FIG. 91 illustrates a thirteenth embodiment of the ring binder mechanism 1201, which is substantially the same as the twelfth embodiment of FIGS. 85-90B. In this embodiment, however, a lever 1215 is shaped differently and is formed from a plastic material. The lever 1215 operates the mechanism 1201 to open and close ring members 1223a, 1223b in substantially the same manner as described above with respect to the lever 1115 of the previous ring binder mechanism 1101.
Components of ring binder mechanisms of the embodiments described and illustrated herein are made of a suitable rigid material, such as a metal (e.g. steel). But mechanisms having components made of a nonmetallic material, specifically including a plastic, do not depart from the scope of this invention.

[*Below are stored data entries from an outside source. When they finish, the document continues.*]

/// A block, and the lines below it.
const ROWS: &str = "\
extended 004f|  video capability/  RGB range selectable, IT formats over- or underscanned, CE formats over- or underscanned/
extended 0096|  video capability/  YCC range selectable, preferred timing overscanned, IT formats overscanned, CE formats underscanned/
extended 003012|  video capability/  preferred timing over- or underscanned, no IT formats, no CE formats, then in hex 12/
extended 05ffff|  colorimetry/  xvYCC601, xvYCC709, sYCC601, opYCC601, opRGB, BT2020cYCC, BT2020YCC, BT2020RGB, DCI-P3, ICtCp, sRGB, default RGB, gamut metadata 0, gamut metadata 1, gamut metadata 2, gamut metadata 3/
extended 05e000|  colorimetry/  BT2020cYCC, BT2020YCC, BT2020RGB/
extended 060f01735a14|  static HDR metadata/  traditional gamma SDR, traditional gamma HDR, SMPTE ST 2084, hybrid log-gamma, static metadata type 1, content up to 604 cd/m2, frames on average up to 351 cd/m2, down to 0.037 cd/m2/
extended 060501|  static HDR metadata/  traditional gamma SDR, SMPTE ST 2084, static metadata type 1/
extended 0d10818291a0a1c1feffdb|  preferred formats/  16: 1920x1080 at 60 Hz 16:9/  detailed timing 1/  detailed timing 2/  further timing 1/  further timing 16/  161: reserved/  193: 5120x2160 at 120 Hz 64:27/  first timing by a code of DMT/  255: reserved/  219: 4096x2160 at 120 Hz 256:135/
extended 0e6160|  formats in 4:2:0 alone/  97: 3840x2160 at 60 Hz 16:9/  96: 3840x2160 at 50 Hz 16:9/
extended 0f|  formats in 4:2:0 too/  each video code also in 4:2:0/
extended 0f0b|  formats in 4:2:0 too/  97: 3840x2160 at 60 Hz 16:9, also in 4:2:0/  96: 3840x2160 at 50 Hz 16:9, also in 4:2:0/  31: 1920x1080 at 50 Hz 16:9, also in 4:2:0/
extended 0f0080|  formats in 4:2:0 too/  95: 3840x2160 at 30 Hz 16:9, also in 4:2:0/
extended 0f0100000000000102|  formats in 4:2:0 too/  97: 3840x2160 at 60 Hz 16:9, also in 4:2:0/  place 49: no code, also in 4:2:0/  place 58: no code, also in 4:2:0/
vendor d85dc40178ff6fff3090ff6310|  HDMI Forum version 1, TMDS up to 600 MHz, SCDC, read request, cable status, CCBPCI, scrambling up to 340 MHz, 3D independent view, 3D dual view, 3D OSD disparity, FRL up to 12 Gbit/s on 4 lanes, UHD VIC, 4:2:0 at 48 bits a pixel, 4:2:0 at 36 bits a pixel, 4:2:0 at 30 bits a pixel/  ALLM, FVA, negative Mvrr, cinema VRR, Mdelta, QMS, FAPA in blanking, FAPA end extended, VRR from 48 to 144 Hz, DSC 1.2a, DSC in 4:2:0, QMS TFR max, QMS TFR min, DSC at each 1/16 bit a pixel, DSC at 16 bits, DSC at 12 bits, DSC at 10 bits/  DSC over FRL at 12 Gbit/s on 4 lanes, DSC in 4 slices up to 340 MHz, DSC chunks of a line up to 17408 bytes/
vendor d85dc40178800002|  HDMI Forum version 1, TMDS up to 600 MHz, SCDC/  ALLM/
vendor d85dc401000000|  HDMI Forum version 1/
vendor d85dc40100001001|  HDMI Forum version 1, FRL up to 3 Gbit/s on 3 lanes/  FAPA in blanking/
vendor d85dc40100002000|  HDMI Forum version 1, FRL up to 6 Gbit/s on 3 lanes/
vendor d85dc40100003000|  HDMI Forum version 1, FRL up to 6 Gbit/s on 4 lanes/
vendor d85dc40100004000|  HDMI Forum version 1, FRL up to 8 Gbit/s on 4 lanes/
vendor d85dc40100005000|  HDMI Forum version 1, FRL up to 10 Gbit/s on 4 lanes/
vendor d85dc40100007000|  HDMI Forum version 1, FRL of a reserved rate/
vendor d85dc401780000003000|  HDMI Forum version 1, TMDS up to 600 MHz/  VRR from 48 Hz on/
vendor d85dc401780000000064|  HDMI Forum version 1, TMDS up to 600 MHz/  VRR up to 100 Hz/
vendor d85dc401780000004000|  HDMI Forum version 1, TMDS up to 600 MHz/  VRR up to 256 Hz/
vendor d85dc40178000000702c|  HDMI Forum version 1, TMDS up to 600 MHz/  VRR from 48 to 300 Hz/
extended 79000001788060023090|  HDMI Forum version 1, TMDS up to 600 MHz, SCDC, FRL up to 12 Gbit/s on 4 lanes/  ALLM, VRR from 48 to 144 Hz/
extended 7900ff01788060023090|  byte 2 is ff/  HDMI Forum version 1, TMDS up to 600 MHz, SCDC, FRL up to 12 Gbit/s on 4 lanes/  ALLM, VRR from 48 to 144 Hz/
extended 790180017880|  byte 1 is 01, byte 2 is 80/  HDMI Forum version 1, TMDS up to 600 MHz, SCDC/
vendor 1a000001012890|  AMD FreeSync version 1.1, from 40 Hz to 144 Hz/
vendor 1a00000201289000|  AMD FreeSync version 2.1, from 40 Hz to 144 Hz/
vendor 1a0000020128900004735a2014|  AMD FreeSync version 2.1, from 40 Hz to 144 Hz, luminances without local dimming, up to 604 cd/m2, down to 0.752 cd/m2, without local dimming up to 100 cd/m2, down to 0.0062 cd/m2/
vendor 1a00000201289007fb00000000aabb|  AMD FreeSync version 2.1, from 40 Hz to 144 Hz, by MCCS with VCP code 07, other bits of byte 6 are fb, then in hex aabb/
vendor 1a0000|  AMD FreeSync/
vendor 4b0400|  NVIDIA/
vendor 4b040001|  NVIDIA, then in hex 01/
vendor 6e0c00|  ASUS/
vendor fa1000|  Apple/
vendor b91400|  MStar/
vendor 46d000|  Dolby/
vendor 46d00012|  Dolby, then in hex 12/
vendor 47e000|  InFocus/
vendor 5c12ca|  Microsoft/
vendor 5c12ca0361|  Microsoft version 3, for the desktop, by others, use case 1, then in hex 0361/
vendor 123456|  maker 563412/
vendor 12345678|  maker 563412, then in hex 78/
vendor 1234|
extended 0146d0000701|  Dolby Vision version 0, then in hex 0701/
extended 0146d0006701|  Dolby Vision version 3, then in hex 6701/
extended 0146d00024180900ad5244a9230c|  Dolby Vision version 1, display management 3.x, up to 700 cd/m2, down to 0.00099 cd/m2, near P3-D65/  red 0.6758 0.3203, green 0.2656 0.6602, blue 0.1367 0.0469/
extended 0146d0002319080aad5244a9230cee|  Dolby Vision version 1, display management 2.x, YCbCr 4:2:2 at 12 bits, 2160p60, global dimming, up to 700 cd/m2, down to 0.00099 cd/m2, near BT.709/  byte 4 is 0a, red 0.6758 0.3203, green 0.2656 0.6602, blue 0.1367 0.0469, then in hex ee/
extended 0146d0002680016a4cfe98|  Dolby Vision version 1, display management 3.x, 2160p60, up to 3300 cd/m2, down to 0 cd/m2, near P3-D65/  latency 2 (reserved), blue 0.1367 0.0391, green 0.1484 0.9961, red 0.6992 0.2500/
extended 0146d000480a9d4a665d4a|  Dolby Vision version 2, display management 4.x, backlight from 75 cd/m2 on, up to 1605 cd/m2, down to 0.00064 cd/m2, low latency, also over HDMI, reserved bits 04/  red 0.6680 0.2852, green 0.1445 0.6992, blue 0.1445 0.0391/
extended 018b849001|  HDR10+ version 1/
extended 018b84908d02|  HDR10+ version 1, other bits of byte 1 are 8c, then in hex 02/
extended 01123456|  video of maker 563412/
extended 11123456aa|  audio of maker 563412, then in hex aa/
extended 1112|
extended 1146d00041|  Dolby audio version 2, height speakers, then in hex 41/
extended 1146d000f280|  Dolby audio version 3, headphones alone, height speakers, surround speakers, centre speaker, then in hex f280/
extended 02aabb|  VESA display device, then in hex aabb/
extended 03|  VESA video timings/
extended 0701|  dynamic HDR metadata, then in hex 01/
extended 0800|  native video resolution, then in hex 00/
extended 1201|  HDMI audio, then in hex 01/
extended 13|  room configuration/
extended 1480|  speaker locations, then in hex 80/
extended 200102|  InfoFrames, then in hex 0102/
extended 22|  DisplayID type VII timing/
extended 2202011b0804ff0e9f002f801f006f083d0002000400|  DisplayID type VII timing/  data block 22, revision and flags 02/  3840x2160 at 59.766 Hz, 531.202 MHz, h blanking 160, offset 48, width 32, +h, v blanking 62, offset 3, width 5, -v, 16:9/
extended 2200|  DisplayID type VII timing/
extended 23005255|  DisplayID type VIII timings/  DMT 52/  DMT 55/
extended 2300|  DisplayID type VIII timings/
extended 2a0002ff0e6f083b|  DisplayID type X timings/  3840x2160 at 60 Hz, CVT with reduced blanking of version 2/
extended 2a00|  DisplayID type X timings/
extended 7803|  count of extensions 3/
extended 78|  count of extensions/
extended 78ff02|  count of extensions 255, then in hex 02/
extended 0403|  extended tag 04, then in hex 03/
extended 0a03|  extended tag 0a, then in hex 03/
extended 2103|  extended tag 21, then in hex 03/
extended 7703|  extended tag 77, then in hex 03/
extended 7a03|  extended tag 7a, then in hex 03/";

When introducing elements of the ring binder mechanisms herein, the articles “a”, “an”, “the” and “said” are intended to mean that there are one or more of the elements. The terms “comprising”, “including” and “having” and variations thereof are intended to be inclusive and mean that there may be additional elements other than the listed elements. Moreover, the use of “forward” and “rearward” and variations of these terms, or the use of other directional and orientation terms, is made for convenience, but does not require any particular orientation of the components.
As various changes could be made in the above without departing from the scope of the invention, it is intended that all matter contained in the above description and shown in the accompanying drawings shall be interpreted as illustrative and not in a limiting sense.